Exercise brief —
Every line below that has "Prelude" in it should be copied.

Collected data entries:
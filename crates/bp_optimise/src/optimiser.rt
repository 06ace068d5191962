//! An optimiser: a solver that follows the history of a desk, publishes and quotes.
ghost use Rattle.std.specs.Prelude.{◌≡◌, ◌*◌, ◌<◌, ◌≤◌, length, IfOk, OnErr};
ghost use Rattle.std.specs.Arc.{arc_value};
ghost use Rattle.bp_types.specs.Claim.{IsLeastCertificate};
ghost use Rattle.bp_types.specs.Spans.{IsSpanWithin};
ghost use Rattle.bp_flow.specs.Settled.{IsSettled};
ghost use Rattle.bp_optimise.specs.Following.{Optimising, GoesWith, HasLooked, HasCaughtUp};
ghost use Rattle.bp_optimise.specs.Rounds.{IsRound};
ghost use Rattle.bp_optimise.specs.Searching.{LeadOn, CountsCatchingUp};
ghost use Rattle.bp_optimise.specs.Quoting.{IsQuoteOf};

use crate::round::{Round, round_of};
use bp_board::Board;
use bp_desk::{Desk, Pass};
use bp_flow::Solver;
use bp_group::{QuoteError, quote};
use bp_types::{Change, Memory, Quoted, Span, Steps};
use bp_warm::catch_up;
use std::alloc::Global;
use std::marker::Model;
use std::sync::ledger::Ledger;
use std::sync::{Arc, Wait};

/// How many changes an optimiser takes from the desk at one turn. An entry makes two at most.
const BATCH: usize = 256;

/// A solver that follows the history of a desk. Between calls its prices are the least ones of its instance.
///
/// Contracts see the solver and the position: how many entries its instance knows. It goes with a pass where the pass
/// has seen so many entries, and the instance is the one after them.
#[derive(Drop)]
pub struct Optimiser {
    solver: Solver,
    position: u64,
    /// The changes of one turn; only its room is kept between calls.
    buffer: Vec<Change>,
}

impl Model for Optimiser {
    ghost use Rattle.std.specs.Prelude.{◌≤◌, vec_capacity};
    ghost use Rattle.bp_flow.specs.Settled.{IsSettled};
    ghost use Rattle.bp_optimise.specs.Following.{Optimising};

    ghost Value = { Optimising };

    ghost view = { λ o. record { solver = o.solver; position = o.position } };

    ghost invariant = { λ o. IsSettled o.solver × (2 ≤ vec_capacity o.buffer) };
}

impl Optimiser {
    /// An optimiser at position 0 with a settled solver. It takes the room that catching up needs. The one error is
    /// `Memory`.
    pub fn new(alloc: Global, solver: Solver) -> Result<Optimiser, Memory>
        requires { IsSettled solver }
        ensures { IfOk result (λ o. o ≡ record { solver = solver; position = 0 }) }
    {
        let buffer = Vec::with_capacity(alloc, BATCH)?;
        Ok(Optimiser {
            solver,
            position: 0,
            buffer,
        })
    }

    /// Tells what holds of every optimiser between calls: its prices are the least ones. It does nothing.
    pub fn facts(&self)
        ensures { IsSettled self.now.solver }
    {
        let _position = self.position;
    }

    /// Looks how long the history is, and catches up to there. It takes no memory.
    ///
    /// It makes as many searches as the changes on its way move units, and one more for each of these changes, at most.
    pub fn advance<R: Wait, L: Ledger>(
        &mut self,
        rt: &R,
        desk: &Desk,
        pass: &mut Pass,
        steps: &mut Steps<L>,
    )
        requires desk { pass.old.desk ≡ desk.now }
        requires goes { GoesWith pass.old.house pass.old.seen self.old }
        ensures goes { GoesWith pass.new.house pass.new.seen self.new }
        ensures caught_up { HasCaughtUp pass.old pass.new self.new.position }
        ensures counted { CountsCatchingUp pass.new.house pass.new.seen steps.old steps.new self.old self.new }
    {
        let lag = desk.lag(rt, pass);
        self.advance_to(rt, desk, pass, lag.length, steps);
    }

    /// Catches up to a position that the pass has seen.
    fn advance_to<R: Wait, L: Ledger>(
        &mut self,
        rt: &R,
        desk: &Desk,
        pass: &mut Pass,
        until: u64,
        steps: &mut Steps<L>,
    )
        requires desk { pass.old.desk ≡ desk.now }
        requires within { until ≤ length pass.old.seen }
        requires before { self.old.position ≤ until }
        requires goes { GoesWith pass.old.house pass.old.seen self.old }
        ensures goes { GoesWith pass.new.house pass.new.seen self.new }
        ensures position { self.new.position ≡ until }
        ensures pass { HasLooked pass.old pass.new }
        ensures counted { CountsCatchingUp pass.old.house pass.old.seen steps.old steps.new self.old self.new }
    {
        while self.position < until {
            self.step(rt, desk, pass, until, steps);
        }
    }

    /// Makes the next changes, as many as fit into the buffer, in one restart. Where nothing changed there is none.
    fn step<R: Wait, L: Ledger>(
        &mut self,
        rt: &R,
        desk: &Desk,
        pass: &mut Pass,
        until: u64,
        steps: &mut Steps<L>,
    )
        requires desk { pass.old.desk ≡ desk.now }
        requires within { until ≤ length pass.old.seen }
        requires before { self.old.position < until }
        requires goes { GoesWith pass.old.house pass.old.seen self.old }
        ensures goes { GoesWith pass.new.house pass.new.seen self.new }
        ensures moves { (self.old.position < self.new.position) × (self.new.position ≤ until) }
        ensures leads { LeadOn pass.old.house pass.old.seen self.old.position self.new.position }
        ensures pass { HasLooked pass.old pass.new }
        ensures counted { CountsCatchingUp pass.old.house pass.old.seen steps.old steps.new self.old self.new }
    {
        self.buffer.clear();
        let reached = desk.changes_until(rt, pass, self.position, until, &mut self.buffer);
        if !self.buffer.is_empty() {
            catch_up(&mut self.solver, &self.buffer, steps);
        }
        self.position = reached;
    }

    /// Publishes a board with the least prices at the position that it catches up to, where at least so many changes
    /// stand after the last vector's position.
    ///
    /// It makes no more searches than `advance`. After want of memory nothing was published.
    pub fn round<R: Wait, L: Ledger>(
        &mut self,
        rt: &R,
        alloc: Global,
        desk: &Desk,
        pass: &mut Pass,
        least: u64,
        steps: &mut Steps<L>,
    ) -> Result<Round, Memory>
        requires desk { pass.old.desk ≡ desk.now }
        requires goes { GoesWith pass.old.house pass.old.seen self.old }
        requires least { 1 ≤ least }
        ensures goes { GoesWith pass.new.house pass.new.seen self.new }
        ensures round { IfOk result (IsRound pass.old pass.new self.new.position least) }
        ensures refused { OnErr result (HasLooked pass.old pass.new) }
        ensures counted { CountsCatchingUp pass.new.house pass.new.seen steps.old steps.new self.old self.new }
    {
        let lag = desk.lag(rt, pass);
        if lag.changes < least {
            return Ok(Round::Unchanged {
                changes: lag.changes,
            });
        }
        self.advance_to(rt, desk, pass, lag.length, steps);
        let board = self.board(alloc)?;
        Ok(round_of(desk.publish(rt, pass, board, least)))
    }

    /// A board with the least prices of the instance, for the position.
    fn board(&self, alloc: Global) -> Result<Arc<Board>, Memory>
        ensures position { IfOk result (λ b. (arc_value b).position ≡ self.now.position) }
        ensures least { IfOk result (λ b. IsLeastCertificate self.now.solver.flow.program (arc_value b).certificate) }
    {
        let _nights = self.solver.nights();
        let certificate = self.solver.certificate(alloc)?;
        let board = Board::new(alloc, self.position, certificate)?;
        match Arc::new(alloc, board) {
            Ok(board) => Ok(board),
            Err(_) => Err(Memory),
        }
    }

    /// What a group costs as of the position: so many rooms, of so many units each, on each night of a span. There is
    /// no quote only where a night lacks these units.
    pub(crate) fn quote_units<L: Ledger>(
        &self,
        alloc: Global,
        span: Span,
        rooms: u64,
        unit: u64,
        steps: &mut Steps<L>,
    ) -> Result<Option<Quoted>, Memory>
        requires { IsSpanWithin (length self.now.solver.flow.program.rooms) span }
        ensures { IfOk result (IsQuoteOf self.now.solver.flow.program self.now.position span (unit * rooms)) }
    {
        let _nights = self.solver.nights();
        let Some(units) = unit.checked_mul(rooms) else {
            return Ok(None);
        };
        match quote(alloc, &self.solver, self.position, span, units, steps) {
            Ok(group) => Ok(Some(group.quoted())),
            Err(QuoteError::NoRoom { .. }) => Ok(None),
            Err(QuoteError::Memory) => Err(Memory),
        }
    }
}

--

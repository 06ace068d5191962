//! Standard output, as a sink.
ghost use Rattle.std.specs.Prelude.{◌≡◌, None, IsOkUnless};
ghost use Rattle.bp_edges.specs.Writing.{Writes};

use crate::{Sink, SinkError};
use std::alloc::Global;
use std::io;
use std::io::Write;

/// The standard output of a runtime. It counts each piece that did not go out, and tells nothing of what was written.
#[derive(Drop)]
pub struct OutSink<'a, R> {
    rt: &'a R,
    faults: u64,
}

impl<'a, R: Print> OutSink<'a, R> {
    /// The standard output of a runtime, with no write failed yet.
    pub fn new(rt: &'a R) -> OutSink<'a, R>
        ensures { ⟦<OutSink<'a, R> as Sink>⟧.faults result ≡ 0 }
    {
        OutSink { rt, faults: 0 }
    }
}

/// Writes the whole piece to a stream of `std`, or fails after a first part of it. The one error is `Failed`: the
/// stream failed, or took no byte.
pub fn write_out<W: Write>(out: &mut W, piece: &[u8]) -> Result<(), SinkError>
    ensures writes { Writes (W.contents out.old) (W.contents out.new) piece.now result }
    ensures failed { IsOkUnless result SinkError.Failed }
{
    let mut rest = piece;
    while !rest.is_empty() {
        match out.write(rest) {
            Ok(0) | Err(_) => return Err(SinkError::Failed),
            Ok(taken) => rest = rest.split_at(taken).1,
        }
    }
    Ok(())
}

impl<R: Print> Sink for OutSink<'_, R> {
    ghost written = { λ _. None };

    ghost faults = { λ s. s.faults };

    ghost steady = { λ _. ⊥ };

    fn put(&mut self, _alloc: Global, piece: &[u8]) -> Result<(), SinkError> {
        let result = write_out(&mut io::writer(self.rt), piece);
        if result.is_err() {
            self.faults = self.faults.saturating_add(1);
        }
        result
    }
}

Written answer —
ghost use Rattle.std.specs.Prelude.{◌≡◌, ◌*◌, ◌<◌, ◌≤◌, length, IfOk, OnErr};
    ghost use Rattle.std.specs.Prelude.{◌≤◌, vec_capacity};
ghost use Rattle.std.specs.Prelude.{◌≡◌, None, IsOkUnless};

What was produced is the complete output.